EXERCISE DESCRIPTION =>
Only a number is wanted here: how many lines in the records below contain the string "struct".

Excerpts from a dataset =>
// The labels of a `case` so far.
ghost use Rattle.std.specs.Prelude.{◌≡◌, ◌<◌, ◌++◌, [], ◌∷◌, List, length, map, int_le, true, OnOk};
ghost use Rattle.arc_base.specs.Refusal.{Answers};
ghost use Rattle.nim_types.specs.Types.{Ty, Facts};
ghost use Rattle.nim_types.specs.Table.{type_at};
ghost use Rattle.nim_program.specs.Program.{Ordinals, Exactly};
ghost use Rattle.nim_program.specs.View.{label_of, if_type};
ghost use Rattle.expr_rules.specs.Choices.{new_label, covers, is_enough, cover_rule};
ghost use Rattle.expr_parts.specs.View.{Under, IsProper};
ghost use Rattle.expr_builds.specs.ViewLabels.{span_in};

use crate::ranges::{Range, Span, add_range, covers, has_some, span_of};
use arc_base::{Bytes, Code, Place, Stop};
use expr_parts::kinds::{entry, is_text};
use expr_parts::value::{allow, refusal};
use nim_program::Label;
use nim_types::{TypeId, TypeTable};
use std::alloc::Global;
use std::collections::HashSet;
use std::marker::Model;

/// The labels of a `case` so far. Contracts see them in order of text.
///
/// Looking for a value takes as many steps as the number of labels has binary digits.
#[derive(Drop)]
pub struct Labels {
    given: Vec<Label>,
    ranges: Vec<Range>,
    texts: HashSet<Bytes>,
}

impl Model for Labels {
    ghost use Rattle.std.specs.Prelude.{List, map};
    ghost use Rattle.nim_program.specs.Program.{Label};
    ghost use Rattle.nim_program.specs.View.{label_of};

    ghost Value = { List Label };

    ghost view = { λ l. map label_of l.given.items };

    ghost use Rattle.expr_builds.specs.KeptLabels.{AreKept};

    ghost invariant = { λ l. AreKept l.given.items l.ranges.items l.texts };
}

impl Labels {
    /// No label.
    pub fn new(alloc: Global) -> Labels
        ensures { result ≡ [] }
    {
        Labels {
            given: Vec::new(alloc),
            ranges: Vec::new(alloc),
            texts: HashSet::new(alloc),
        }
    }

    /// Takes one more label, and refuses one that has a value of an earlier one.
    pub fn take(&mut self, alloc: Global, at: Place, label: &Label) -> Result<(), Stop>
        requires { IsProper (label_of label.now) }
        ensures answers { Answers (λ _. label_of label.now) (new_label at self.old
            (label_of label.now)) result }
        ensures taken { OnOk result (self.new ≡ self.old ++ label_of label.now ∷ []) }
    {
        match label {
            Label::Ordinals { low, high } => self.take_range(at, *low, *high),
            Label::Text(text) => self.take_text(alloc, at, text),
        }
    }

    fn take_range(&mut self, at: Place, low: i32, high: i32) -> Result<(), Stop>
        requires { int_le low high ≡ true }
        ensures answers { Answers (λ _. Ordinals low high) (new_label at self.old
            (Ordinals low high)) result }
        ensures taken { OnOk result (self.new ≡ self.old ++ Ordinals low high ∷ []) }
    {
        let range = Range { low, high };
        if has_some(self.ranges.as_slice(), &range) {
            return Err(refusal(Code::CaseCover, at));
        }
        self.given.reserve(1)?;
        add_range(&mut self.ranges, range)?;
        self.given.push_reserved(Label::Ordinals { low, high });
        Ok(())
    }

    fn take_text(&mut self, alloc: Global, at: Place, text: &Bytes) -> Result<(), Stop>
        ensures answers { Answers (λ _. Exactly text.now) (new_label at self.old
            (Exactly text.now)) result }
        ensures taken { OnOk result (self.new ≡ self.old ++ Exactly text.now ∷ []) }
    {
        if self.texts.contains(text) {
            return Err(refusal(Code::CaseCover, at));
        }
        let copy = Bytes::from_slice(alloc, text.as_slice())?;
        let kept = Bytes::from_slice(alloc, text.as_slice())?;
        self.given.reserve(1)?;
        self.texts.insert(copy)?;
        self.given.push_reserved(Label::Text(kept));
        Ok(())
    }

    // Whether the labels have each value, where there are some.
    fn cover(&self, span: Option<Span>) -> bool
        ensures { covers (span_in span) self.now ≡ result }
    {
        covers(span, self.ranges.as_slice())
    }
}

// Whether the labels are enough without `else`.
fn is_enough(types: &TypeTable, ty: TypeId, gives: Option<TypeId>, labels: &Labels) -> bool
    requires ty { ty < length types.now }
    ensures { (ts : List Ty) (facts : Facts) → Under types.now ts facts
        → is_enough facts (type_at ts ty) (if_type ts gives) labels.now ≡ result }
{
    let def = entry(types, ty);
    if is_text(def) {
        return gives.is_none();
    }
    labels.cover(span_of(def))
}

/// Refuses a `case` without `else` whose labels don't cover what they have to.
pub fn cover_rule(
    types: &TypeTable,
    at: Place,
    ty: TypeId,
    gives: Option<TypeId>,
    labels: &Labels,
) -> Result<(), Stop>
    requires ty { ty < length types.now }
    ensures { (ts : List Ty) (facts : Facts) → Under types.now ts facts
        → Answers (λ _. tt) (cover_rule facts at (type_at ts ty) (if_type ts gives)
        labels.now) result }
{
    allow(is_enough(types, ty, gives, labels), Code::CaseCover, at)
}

--

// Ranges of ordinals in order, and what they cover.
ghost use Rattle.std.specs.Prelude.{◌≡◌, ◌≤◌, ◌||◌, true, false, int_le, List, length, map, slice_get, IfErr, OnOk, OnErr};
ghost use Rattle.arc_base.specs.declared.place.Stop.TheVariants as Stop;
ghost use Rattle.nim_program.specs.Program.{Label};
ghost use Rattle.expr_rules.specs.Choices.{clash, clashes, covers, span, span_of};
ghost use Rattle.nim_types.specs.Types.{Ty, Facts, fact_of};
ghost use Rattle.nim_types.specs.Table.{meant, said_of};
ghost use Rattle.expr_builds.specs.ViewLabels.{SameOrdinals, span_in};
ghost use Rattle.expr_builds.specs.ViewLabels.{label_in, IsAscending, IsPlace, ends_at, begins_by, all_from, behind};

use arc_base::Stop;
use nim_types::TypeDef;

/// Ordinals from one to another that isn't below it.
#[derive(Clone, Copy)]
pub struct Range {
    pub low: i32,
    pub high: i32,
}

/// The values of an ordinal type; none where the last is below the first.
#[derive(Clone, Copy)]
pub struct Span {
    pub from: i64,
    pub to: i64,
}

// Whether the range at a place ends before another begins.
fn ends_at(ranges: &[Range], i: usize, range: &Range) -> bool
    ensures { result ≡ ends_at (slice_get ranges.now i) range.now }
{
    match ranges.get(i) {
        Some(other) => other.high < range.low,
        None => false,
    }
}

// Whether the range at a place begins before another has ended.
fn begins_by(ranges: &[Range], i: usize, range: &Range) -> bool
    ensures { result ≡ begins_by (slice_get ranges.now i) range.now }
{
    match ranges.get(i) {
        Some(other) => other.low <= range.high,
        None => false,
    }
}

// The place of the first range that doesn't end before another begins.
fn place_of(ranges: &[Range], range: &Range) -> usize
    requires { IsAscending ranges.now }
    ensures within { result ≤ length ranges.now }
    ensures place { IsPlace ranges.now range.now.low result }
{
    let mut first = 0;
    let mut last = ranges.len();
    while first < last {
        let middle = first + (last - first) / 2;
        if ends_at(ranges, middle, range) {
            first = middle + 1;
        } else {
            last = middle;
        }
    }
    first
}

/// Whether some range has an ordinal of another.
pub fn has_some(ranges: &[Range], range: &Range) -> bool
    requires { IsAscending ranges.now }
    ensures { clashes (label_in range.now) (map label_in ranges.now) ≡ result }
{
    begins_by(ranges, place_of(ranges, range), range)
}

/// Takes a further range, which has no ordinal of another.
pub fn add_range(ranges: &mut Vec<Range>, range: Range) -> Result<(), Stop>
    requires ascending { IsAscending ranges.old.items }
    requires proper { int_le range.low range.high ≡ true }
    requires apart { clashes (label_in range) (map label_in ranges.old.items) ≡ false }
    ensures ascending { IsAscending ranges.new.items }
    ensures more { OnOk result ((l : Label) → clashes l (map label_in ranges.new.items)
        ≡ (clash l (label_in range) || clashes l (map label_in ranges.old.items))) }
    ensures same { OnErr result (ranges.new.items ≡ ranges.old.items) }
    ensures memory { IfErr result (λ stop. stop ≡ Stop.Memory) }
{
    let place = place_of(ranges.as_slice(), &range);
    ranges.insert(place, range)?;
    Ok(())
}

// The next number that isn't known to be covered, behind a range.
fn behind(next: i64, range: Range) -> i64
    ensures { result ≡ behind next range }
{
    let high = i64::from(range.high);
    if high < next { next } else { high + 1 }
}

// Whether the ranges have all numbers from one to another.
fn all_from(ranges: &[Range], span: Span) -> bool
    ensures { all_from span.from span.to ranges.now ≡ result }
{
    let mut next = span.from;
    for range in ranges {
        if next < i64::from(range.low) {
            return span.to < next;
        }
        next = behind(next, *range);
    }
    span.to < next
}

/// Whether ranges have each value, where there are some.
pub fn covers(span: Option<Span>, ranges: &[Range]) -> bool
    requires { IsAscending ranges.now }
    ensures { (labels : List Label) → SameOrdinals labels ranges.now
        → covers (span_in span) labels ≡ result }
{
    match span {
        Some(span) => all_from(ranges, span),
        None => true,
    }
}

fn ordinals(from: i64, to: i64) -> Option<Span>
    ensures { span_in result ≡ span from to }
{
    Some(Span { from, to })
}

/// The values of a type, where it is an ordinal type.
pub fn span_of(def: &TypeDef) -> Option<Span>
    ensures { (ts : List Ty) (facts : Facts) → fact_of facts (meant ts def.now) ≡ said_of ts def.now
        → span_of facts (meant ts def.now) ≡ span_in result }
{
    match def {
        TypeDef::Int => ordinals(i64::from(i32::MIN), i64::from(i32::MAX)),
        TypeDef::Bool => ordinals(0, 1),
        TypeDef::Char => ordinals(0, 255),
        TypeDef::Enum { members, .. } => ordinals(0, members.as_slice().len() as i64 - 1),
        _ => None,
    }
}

ANSWER SECTION =>
3